Simply put it , uber is not patented iPhone loaded with IOS nor it is AT&T. The backend technology that powers Uber app does not exclusively belong to Uber and a new investor does not need to invest a lot in either infrastructure or production facilities. Brand loyalty is in a market for a five dollar ride can be very fluid because minimum risk involved in switching the brand. Ubers market share is heavily dependent on the massive subsidies that Uber provides to it's customers in the form of subsidized rides and driver incentives that is not indefinitely sustainable for a private sector company.

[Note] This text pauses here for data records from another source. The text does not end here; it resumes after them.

// Classes with their methods, and the constants.
ghost use Rattle.std.specs.Prelude.{ℕ, ◌≡◌, ◌/◌, ◌%◌, ◌<◌, length, map, get_or};
ghost use Rattle.definitions.specs.Bytes.{be};
ghost use Rattle.definitions.specs.Module.{method_bytes, class_bytes};
ghost use Rattle.state.specs.Words.{region};
ghost use Rattle.state.specs.State.{method_from, classes_of};

use crate::functions::placed;
use crate::list::{Listed, list_size, write_list};
use names::spell::name_part;
use writing::numbers::{write_counted, write_number};

// Methods, by their words: the place of the name and the function's number.
#[derive(Clone, Copy)]
pub(crate) struct Methods<'a> {
    pub tree: &'a [u8],
    pub words: &'a [u32],
    ghost tree_bytes: { (i : ℕ) → get_or tree.now i 0 < 256 },
}

impl Listed for Methods<'_> {
    ghost elements = { λ s. map (λ w. method_bytes (method_from s.tree.now w)) s.words.now };

    fn count(&self) -> usize {
        self.words.len()
    }

    fn size_at(&self, i: usize) -> usize {
        3 + name_part(self.tree, (self.words[i] / 256) as usize).len()
    }

    fn write_at(&self, i: usize, out: &mut [u8]) -> usize {
        let word = self.words[i];
        let name = name_part(self.tree, (word / 256) as usize);
        let at = write_counted(1, name, out);
        at + write_number(2, (word % 256) as u64, &mut out[at..])
    }
}

// Classes, by the places of their names and of their methods.
#[derive(Clone, Copy)]
pub(crate) struct Classes<'a> {
    pub tree: &'a [u8],
    pub methods: &'a [u32],
    pub names: &'a [u32],
    pub places: &'a [u32],
    ghost tree_bytes: { (i : ℕ) → get_or tree.now i 0 < 256 },
}

impl<'a> Classes<'a> {
    // The methods of one class.
    fn methods_at(&self, i: usize) -> Methods<'a>
        requires { i < length self.now.places.now }
        ensures tree { result.tree.now ≡ self.now.tree.now }
        ensures words { let k = get_or self.now.places.now i 0 in result.words.now ≡ region (k / 65536) (k % 65536) self.now.methods.now }
    {
        Methods {
            tree: self.tree,
            words: placed(self.methods, self.places[i]),
        }
    }
}

impl Listed for Classes<'_> {
    ghost elements = { λ s. map class_bytes (classes_of s.tree.now s.methods.now s.names.now s.places.now) };

    fn count(&self) -> usize {
        self.names.len().min(self.places.len())
    }

    fn size_at(&self, i: usize) -> usize {
        let name = name_part(self.tree, self.names[i] as usize);
        let methods = self.methods_at(i);
        1 + name.len() + list_size(&methods)
    }

    fn write_at(&self, i: usize, out: &mut [u8]) -> usize {
        let name = name_part(self.tree, self.names[i] as usize);
        let methods = self.methods_at(i);
        let at = write_counted(1, name, out);
        at + write_list(&methods, &mut out[at..])
    }
}

// The constants: the class number of each.
#[derive(Clone, Copy)]
pub(crate) struct Constants<'a> {
    pub entries: &'a [u32],
}

impl Listed for Constants<'_> {
    ghost elements = { λ s. map (be 2) s.entries.now };

    fn count(&self) -> usize {
        self.entries.len()
    }

    // The same at every place.
    fn size_at(&self, i: usize) -> usize {
        let _ = i;
        2
    }

    fn write_at(&self, i: usize, out: &mut [u8]) -> usize {
        write_number(2, self.entries[i] as u64, out)
    }
}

All these factors make Uber susceptible to formidable competitions from prospective rivals.

However, financial regulators might want to look deeper if a loss making company continues to draw huge investment funds. No one prevents someone to make informed decisions before burning cash but we live in a complex world. Once upon a time, there was a company called BCCI - Bank of Credit and Commerce International which made a lot of noise before huge scandal that sent shockwave all over the globe http://www.peterdalescott.net/q4.html and we all know what followed next.


----------



## tohunt4me (Nov 23, 2015)

Ca$h4 said:


> *Mythbusting Uber's valuation*
> *Izabella Kaminska*
> | Sep 13 17:33 | Comment | Share
> 
> ...


Uber Drivers subsidise Uber more than Uber Investors do.
And we don't get invited to the parties. . .


----------



## tohunt4me (Nov 23, 2015)

rembrandt said:


> Simply put it , uber is not patented iPhone loaded with IOS nor it is AT&T. The backend technology that powers Uber app does not exclusively belong to Uber and a new investor does not need to invest a lot in either infrastructure or production facilities. Brand loyalty is in a market for a five dollar ride can be very fluid because minimum risk involved in switching the brand. Ubers market share is heavily dependent on the massive subsidies that Uber provides to it's customers in the form of subsidized rides and driver incentives that is not indefinitely sustainable for a private sector company. All these factors make Uber susceptible to formidable competitions from prospective rivals.
> 
> However, financial regulators might want to look deeper if a loss making company continues to draw huge investment funds. No one prevents someone to make informed decisions before burning cash but we live in a complex world. Once upon a time, there was a company called BCCI - Bank of Credit and Commerce International which made a lot of noise before huge scandal that sent shockwave all over the globe http://www.peterdalescott.net/q4.html and we all know what followed next.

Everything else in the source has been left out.